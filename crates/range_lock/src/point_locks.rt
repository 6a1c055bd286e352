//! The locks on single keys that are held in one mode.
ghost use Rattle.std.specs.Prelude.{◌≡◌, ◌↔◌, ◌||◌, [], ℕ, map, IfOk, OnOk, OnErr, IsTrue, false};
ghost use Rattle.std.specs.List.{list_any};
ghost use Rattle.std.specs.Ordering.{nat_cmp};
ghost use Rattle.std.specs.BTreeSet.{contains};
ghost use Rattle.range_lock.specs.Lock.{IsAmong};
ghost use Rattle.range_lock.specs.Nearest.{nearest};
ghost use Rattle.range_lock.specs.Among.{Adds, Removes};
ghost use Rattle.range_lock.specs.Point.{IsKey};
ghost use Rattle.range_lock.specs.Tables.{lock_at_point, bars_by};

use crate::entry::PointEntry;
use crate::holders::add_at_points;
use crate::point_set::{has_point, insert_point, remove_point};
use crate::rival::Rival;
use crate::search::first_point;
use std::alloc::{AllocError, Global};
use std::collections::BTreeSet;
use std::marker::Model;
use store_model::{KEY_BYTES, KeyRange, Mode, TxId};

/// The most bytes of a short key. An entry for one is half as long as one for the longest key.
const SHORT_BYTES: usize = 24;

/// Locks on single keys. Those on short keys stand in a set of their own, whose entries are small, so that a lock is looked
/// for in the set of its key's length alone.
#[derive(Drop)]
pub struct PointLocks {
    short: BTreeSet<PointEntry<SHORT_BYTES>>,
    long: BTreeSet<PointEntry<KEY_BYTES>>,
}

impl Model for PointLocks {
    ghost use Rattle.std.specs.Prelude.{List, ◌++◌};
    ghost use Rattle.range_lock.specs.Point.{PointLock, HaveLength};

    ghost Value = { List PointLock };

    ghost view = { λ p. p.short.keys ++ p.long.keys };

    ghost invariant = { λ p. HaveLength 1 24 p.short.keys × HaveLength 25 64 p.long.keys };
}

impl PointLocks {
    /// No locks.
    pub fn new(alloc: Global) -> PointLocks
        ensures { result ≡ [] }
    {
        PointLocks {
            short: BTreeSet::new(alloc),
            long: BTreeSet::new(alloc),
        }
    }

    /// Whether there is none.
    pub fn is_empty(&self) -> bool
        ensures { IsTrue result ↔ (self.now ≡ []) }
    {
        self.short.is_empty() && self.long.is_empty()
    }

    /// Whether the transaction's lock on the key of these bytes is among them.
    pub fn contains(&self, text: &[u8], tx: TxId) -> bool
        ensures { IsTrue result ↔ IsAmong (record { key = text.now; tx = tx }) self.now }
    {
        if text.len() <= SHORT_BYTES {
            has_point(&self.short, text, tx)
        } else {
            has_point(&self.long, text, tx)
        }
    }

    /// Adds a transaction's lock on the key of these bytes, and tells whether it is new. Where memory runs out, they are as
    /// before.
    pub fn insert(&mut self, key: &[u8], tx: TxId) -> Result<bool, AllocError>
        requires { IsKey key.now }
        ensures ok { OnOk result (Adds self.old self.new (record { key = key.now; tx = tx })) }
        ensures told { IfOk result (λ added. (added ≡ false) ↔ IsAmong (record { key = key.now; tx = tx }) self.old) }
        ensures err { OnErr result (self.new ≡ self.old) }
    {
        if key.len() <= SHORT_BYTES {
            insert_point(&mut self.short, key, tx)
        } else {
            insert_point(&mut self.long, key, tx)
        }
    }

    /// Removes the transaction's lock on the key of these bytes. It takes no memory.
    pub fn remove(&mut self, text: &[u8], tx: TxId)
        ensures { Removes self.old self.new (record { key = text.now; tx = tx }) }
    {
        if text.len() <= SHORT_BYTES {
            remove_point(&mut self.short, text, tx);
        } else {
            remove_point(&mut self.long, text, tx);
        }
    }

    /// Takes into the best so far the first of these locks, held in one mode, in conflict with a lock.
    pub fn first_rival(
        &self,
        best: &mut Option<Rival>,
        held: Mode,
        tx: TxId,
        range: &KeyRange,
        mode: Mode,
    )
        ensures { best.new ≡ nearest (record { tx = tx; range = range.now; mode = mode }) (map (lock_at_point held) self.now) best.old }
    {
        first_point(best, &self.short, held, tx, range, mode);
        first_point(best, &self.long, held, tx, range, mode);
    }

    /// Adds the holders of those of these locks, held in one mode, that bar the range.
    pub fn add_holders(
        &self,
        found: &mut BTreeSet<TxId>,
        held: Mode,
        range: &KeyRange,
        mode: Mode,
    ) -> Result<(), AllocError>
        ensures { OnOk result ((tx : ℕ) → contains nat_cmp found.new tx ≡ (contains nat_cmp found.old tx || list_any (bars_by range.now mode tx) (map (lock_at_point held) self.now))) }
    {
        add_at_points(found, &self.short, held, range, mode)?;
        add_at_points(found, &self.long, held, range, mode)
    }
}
####
◆ ACTIVITY: The entries above are to be retyped exactly.

◆ TASK OUTPUT:
filename crates/range_lock/src/point_locks.rt
repository 6a1c055bd286e352
//! The locks on single keys that are held in one mode.
ghost use Rattle.std.specs.Prelude.{◌≡◌, ◌↔◌, ◌||◌, [], ℕ, map, IfOk, OnOk, OnErr, IsTrue, false};
ghost use Rattle.std.specs.List.{list_any};
ghost use Rattle.std.specs.Ordering.{nat_cmp};
ghost use Rattle.std.specs.BTreeSet.{contains};
ghost use Rattle.range_lock.specs.Lock.{IsAmong};
ghost use Rattle.range_lock.specs.Nearest.{nearest};
ghost use Rattle.range_lock.specs.Among.{Adds, Removes};
ghost use Rattle.range_lock.specs.Point.{IsKey};
ghost use Rattle.range_lock.specs.Tables.{lock_at_point, bars_by};

use crate::entry::PointEntry;
use crate::holders::add_at_points;
use crate::point_set::{has_point, insert_point, remove_point};
use crate::rival::Rival;
use crate::search::first_point;
use std::alloc::{AllocError, Global};
use std::collections::BTreeSet;
use std::marker::Model;
use store_model::{KEY_BYTES, KeyRange, Mode, TxId};

/// The most bytes of a short key. An entry for one is half as long as one for the longest key.
const SHORT_BYTES: usize = 24;

/// Locks on single keys. Those on short keys stand in a set of their own, whose entries are small, so that a lock is looked
/// for in the set of its key's length alone.
#[derive(Drop)]
pub struct PointLocks {
    short: BTreeSet<PointEntry<SHORT_BYTES>>,
    long: BTreeSet<PointEntry<KEY_BYTES>>,
}

impl Model for PointLocks {
    ghost use Rattle.std.specs.Prelude.{List, ◌++◌};
    ghost use Rattle.range_lock.specs.Point.{PointLock, HaveLength};

    ghost Value = { List PointLock };

    ghost view = { λ p. p.short.keys ++ p.long.keys };

    ghost invariant = { λ p. HaveLength 1 24 p.short.keys × HaveLength 25 64 p.long.keys };
}

impl PointLocks {
    /// No locks.
    pub fn new(alloc: Global) -> PointLocks
        ensures { result ≡ [] }
    {
        PointLocks {
            short: BTreeSet::new(alloc),
            long: BTreeSet::new(alloc),
        }
    }

    /// Whether there is none.
    pub fn is_empty(&self) -> bool
        ensures { IsTrue result ↔ (self.now ≡ []) }
    {
        self.short.is_empty() && self.long.is_empty()
    }

    /// Whether the transaction's lock on the key of these bytes is among them.
    pub fn contains(&self, text: &[u8], tx: TxId) -> bool
        ensures { IsTrue result ↔ IsAmong (record { key = text.now; tx = tx }) self.now }
    {
        if text.len() <= SHORT_BYTES {
            has_point(&self.short, text, tx)
        } else {
            has_point(&self.long, text, tx)
        }
    }

    /// Adds a transaction's lock on the key of these bytes, and tells whether it is new. Where memory runs out, they are as
    /// before.
    pub fn insert(&mut self, key: &[u8], tx: TxId) -> Result<bool, AllocError>
        requires { IsKey key.now }
        ensures ok { OnOk result (Adds self.old self.new (record { key = key.now; tx = tx })) }
        ensures told { IfOk result (λ added. (added ≡ false) ↔ IsAmong (record { key = key.now; tx = tx }) self.old) }
        ensures err { OnErr result (self.new ≡ self.old) }
    {
        if key.len() <= SHORT_BYTES {
            insert_point(&mut self.short, key, tx)
        } else {
            insert_point(&mut self.long, key, tx)
        }
    }

    /// Removes the transaction's lock on the key of these bytes. It takes no memory.
    pub fn remove(&mut self, text: &[u8], tx: TxId)
        ensures { Removes self.old self.new (record { key = text.now; tx = tx }) }
    {
        if text.len() <= SHORT_BYTES {
            remove_point(&mut self.short, text, tx);
        } else {
            remove_point(&mut self.long, text, tx);
        }
    }

    /// Takes into the best so far the first of these locks, held in one mode, in conflict with a lock.
    pub fn first_rival(
        &self,
        best: &mut Option<Rival>,
        held: Mode,
        tx: TxId,
        range: &KeyRange,
        mode: Mode,
    )
        ensures { best.new ≡ nearest (record { tx = tx; range = range.now; mode = mode }) (map (lock_at_point held) self.now) best.old }
    {
        first_point(best, &self.short, held, tx, range, mode);
        first_point(best, &self.long, held, tx, range, mode);
    }

    /// Adds the holders of those of these locks, held in one mode, that bar the range.
    pub fn add_holders(
        &self,
        found: &mut BTreeSet<TxId>,
        held: Mode,
        range: &KeyRange,
        mode: Mode,
    ) -> Result<(), AllocError>
        ensures { OnOk result ((tx : ℕ) → contains nat_cmp found.new tx ≡ (contains nat_cmp found.old tx || list_any (bars_by range.now mode tx) (map (lock_at_point held) self.now))) }
    {
        add_at_points(found, &self.short, held, range, mode)?;
        add_at_points(found, &self.long, held, range, mode)
    }
}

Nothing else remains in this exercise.